→ TASK PROMPT: Look through the records below for the line with "cx.may_unify(ty, header, RightSide::Header)" and the line with "pub trait Build", then return those lines and all lines between, exactly.

[Dataset entries]
---*---
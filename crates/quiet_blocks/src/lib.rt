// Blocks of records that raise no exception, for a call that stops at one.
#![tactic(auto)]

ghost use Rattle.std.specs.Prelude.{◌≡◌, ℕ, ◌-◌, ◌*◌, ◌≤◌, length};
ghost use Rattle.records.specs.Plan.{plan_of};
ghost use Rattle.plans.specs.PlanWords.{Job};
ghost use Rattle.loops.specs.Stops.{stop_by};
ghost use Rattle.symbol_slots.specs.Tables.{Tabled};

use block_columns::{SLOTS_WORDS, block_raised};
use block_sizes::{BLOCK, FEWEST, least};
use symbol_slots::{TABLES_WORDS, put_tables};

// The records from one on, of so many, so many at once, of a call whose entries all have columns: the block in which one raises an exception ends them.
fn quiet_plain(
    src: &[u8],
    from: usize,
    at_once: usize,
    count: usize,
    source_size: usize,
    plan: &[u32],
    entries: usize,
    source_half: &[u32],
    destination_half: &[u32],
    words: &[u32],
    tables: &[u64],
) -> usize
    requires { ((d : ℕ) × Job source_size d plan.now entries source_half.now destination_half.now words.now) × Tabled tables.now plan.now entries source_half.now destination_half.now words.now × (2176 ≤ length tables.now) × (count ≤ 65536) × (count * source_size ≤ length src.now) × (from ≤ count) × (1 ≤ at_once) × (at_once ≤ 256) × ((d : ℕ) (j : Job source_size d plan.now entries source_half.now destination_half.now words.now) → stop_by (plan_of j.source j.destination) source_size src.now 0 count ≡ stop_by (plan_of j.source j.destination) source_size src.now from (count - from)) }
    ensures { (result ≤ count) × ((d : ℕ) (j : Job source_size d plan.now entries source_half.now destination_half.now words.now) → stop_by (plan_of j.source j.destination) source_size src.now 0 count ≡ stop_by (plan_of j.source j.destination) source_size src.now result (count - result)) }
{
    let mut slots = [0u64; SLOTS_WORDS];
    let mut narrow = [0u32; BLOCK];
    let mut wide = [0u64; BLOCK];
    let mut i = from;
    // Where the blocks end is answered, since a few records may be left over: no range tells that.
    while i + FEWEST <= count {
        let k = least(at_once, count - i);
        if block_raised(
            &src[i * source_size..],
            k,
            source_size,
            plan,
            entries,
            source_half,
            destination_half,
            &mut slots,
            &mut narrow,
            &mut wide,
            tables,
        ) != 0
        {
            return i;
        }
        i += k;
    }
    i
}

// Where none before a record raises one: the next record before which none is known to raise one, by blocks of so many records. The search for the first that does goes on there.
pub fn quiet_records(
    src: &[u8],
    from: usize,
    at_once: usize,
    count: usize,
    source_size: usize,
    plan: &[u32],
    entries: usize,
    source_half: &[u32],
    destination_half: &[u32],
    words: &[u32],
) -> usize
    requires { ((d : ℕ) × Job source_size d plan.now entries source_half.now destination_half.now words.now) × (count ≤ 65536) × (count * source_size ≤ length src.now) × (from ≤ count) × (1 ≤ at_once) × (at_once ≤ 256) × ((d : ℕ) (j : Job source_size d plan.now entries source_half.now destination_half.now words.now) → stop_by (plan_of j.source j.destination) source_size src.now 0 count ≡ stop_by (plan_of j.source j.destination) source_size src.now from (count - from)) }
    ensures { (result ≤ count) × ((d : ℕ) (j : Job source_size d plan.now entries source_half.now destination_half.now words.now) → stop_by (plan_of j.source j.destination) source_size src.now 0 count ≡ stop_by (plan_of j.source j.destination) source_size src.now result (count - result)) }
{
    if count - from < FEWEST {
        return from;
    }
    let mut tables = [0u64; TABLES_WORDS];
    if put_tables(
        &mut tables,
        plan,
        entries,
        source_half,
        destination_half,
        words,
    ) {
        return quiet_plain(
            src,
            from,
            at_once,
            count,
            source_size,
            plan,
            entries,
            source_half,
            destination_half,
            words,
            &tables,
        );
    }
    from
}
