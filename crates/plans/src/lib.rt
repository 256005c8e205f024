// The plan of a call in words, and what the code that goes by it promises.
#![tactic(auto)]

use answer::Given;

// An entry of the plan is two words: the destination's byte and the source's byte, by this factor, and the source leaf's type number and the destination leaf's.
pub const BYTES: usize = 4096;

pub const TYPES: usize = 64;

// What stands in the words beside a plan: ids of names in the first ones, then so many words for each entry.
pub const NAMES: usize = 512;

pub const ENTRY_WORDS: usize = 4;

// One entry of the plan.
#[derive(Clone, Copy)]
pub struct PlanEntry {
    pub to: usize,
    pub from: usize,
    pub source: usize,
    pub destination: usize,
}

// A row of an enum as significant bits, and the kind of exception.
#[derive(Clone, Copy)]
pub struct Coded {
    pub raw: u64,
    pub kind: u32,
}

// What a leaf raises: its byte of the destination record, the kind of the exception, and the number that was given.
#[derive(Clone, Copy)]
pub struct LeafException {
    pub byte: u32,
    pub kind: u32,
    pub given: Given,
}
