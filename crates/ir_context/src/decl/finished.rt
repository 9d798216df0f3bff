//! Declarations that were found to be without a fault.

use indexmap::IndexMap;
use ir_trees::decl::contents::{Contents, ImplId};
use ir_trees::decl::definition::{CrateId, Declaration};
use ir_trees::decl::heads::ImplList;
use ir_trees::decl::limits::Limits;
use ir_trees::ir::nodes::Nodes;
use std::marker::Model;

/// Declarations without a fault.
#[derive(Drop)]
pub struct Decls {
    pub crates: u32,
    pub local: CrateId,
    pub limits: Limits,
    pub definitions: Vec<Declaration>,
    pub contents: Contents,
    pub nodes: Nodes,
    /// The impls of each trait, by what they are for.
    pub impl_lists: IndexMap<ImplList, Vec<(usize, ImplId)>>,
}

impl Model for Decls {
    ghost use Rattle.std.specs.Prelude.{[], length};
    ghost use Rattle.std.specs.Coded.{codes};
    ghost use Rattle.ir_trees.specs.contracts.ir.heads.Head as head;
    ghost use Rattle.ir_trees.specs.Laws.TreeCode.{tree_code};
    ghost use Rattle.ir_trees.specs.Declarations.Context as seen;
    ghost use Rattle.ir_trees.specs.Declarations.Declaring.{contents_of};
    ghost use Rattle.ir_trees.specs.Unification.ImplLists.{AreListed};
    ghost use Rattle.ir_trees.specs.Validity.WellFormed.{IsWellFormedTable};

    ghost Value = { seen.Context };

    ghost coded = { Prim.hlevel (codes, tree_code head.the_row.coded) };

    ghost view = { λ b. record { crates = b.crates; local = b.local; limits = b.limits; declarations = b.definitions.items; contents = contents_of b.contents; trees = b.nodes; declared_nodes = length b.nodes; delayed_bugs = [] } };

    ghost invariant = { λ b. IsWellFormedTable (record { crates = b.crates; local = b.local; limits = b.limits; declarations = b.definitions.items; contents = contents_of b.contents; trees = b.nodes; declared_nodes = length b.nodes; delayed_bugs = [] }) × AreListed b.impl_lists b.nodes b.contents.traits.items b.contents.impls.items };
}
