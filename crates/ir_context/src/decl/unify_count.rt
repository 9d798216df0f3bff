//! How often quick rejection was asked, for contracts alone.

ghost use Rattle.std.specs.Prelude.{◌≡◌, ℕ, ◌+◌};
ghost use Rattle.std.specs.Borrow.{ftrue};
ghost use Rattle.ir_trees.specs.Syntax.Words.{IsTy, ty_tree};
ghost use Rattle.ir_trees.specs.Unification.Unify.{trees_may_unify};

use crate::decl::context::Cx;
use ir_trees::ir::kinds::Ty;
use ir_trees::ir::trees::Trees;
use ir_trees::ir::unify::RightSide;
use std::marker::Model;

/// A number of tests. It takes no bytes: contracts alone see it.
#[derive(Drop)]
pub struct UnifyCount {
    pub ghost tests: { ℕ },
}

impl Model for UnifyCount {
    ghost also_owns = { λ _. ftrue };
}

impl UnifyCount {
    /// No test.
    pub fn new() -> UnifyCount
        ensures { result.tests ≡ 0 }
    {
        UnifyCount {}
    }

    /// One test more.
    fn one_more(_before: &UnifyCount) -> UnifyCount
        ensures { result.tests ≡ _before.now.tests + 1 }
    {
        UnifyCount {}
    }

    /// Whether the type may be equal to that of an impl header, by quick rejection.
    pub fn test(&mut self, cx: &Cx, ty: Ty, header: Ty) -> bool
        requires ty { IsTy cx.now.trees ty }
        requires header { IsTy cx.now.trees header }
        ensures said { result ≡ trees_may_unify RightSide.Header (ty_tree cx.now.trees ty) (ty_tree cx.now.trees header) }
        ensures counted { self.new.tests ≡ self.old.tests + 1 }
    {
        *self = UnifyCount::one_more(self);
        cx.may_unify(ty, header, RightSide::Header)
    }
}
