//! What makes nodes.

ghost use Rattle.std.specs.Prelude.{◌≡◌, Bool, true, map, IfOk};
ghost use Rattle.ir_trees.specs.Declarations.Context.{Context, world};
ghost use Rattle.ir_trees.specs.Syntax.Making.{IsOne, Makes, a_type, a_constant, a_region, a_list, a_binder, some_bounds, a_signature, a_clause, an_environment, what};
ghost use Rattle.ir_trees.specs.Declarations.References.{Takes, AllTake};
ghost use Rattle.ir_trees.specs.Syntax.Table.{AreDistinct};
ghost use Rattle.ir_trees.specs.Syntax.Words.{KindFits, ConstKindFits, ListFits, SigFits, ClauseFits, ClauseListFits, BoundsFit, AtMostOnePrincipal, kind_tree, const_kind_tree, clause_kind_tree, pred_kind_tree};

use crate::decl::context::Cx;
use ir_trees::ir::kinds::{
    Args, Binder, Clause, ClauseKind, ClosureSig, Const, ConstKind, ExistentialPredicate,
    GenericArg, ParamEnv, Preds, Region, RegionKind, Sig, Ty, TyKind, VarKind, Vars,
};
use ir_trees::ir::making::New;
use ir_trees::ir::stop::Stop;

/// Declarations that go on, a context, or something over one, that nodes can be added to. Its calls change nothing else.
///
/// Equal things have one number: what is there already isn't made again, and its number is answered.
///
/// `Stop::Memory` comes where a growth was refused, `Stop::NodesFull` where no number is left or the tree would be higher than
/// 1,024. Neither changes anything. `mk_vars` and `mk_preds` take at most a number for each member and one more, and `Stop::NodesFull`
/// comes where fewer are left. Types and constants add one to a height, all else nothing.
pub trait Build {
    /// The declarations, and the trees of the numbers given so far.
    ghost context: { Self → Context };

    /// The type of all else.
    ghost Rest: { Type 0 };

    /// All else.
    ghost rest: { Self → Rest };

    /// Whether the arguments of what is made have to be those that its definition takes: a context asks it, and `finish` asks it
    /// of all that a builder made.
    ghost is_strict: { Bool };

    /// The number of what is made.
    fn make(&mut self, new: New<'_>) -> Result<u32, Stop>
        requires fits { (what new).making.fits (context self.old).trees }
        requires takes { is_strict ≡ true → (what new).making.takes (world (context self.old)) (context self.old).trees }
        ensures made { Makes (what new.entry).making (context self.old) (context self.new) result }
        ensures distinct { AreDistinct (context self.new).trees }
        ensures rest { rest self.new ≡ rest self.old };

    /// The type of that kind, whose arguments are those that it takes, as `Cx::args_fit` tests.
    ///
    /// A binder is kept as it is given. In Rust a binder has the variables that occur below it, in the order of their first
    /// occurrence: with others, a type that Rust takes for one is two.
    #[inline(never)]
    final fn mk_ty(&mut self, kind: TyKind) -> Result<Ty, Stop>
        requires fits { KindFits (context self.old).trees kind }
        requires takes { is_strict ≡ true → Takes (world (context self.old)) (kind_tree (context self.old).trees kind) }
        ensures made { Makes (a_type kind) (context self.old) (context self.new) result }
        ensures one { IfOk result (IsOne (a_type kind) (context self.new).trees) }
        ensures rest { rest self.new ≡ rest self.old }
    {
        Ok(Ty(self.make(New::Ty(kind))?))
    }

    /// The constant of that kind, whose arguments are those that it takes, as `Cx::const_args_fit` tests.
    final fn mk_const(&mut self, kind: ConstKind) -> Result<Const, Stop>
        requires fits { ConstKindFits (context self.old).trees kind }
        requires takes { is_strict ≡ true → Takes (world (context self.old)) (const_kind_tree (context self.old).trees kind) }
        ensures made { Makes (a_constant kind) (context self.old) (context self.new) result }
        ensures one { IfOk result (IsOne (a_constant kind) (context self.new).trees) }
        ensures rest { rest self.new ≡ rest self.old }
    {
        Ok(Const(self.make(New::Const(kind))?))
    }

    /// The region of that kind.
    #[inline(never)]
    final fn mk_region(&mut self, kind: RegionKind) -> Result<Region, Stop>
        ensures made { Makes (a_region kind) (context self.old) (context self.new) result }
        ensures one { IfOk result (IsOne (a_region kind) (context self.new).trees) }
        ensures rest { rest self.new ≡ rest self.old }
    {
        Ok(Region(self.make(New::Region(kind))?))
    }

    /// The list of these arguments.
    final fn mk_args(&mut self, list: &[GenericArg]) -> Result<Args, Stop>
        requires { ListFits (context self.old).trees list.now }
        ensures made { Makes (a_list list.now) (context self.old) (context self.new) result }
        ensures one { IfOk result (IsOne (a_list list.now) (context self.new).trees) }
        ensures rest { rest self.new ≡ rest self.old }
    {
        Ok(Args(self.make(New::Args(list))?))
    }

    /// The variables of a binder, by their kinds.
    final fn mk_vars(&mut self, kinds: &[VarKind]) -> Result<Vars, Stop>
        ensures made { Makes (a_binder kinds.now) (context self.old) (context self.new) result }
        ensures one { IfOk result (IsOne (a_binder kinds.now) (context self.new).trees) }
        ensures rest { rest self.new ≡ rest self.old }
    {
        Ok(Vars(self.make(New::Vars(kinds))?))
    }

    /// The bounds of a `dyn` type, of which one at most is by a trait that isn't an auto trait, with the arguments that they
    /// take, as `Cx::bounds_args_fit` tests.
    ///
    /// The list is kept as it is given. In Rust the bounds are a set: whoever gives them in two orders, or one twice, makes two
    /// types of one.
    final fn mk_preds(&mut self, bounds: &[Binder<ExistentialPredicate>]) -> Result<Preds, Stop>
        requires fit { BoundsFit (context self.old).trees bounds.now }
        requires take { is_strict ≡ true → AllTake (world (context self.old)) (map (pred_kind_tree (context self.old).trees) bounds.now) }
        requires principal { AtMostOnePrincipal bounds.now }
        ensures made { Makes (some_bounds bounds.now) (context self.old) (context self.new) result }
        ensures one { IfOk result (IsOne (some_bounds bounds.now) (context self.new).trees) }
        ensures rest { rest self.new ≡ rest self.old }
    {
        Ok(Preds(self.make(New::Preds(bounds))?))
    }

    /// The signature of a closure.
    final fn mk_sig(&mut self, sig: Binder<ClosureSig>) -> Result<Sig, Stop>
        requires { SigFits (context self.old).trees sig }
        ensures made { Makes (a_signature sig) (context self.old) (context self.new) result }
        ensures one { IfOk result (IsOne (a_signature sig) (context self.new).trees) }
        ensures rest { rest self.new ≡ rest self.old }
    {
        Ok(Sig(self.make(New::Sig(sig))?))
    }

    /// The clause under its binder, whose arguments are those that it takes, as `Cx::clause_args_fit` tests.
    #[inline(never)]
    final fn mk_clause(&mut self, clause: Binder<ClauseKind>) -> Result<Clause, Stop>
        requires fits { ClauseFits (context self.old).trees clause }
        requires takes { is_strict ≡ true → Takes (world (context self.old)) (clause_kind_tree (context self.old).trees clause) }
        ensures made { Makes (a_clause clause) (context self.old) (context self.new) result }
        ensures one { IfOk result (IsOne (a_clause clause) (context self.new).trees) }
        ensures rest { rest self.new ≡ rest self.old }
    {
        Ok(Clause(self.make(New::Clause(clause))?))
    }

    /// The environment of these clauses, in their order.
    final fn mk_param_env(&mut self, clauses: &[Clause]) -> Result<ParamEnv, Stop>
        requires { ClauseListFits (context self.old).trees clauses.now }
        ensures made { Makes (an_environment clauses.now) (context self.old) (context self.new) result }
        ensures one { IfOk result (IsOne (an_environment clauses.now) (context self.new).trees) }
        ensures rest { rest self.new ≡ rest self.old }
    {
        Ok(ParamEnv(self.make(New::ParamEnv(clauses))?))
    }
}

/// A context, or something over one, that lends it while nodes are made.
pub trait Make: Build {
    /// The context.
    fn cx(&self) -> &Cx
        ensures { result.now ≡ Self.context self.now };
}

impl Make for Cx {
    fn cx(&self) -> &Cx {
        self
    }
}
---*---
→ SOLUTION TO THIS TASK:
        cx.may_unify(ty, header, RightSide::Header)
    }
}
//! What makes nodes.

ghost use Rattle.std.specs.Prelude.{◌≡◌, Bool, true, map, IfOk};
ghost use Rattle.ir_trees.specs.Declarations.Context.{Context, world};
ghost use Rattle.ir_trees.specs.Syntax.Making.{IsOne, Makes, a_type, a_constant, a_region, a_list, a_binder, some_bounds, a_signature, a_clause, an_environment, what};
ghost use Rattle.ir_trees.specs.Declarations.References.{Takes, AllTake};
ghost use Rattle.ir_trees.specs.Syntax.Table.{AreDistinct};
ghost use Rattle.ir_trees.specs.Syntax.Words.{KindFits, ConstKindFits, ListFits, SigFits, ClauseFits, ClauseListFits, BoundsFit, AtMostOnePrincipal, kind_tree, const_kind_tree, clause_kind_tree, pred_kind_tree};

use crate::decl::context::Cx;
use ir_trees::ir::kinds::{
    Args, Binder, Clause, ClauseKind, ClosureSig, Const, ConstKind, ExistentialPredicate,
    GenericArg, ParamEnv, Preds, Region, RegionKind, Sig, Ty, TyKind, VarKind, Vars,
};
use ir_trees::ir::making::New;
use ir_trees::ir::stop::Stop;

/// Declarations that go on, a context, or something over one, that nodes can be added to. Its calls change nothing else.
///
/// Equal things have one number: what is there already isn't made again, and its number is answered.
///
/// `Stop::Memory` comes where a growth was refused, `Stop::NodesFull` where no number is left or the tree would be higher than
/// 1,024. Neither changes anything. `mk_vars` and `mk_preds` take at most a number for each member and one more, and `Stop::NodesFull`
/// comes where fewer are left. Types and constants add one to a height, all else nothing.
pub trait Build {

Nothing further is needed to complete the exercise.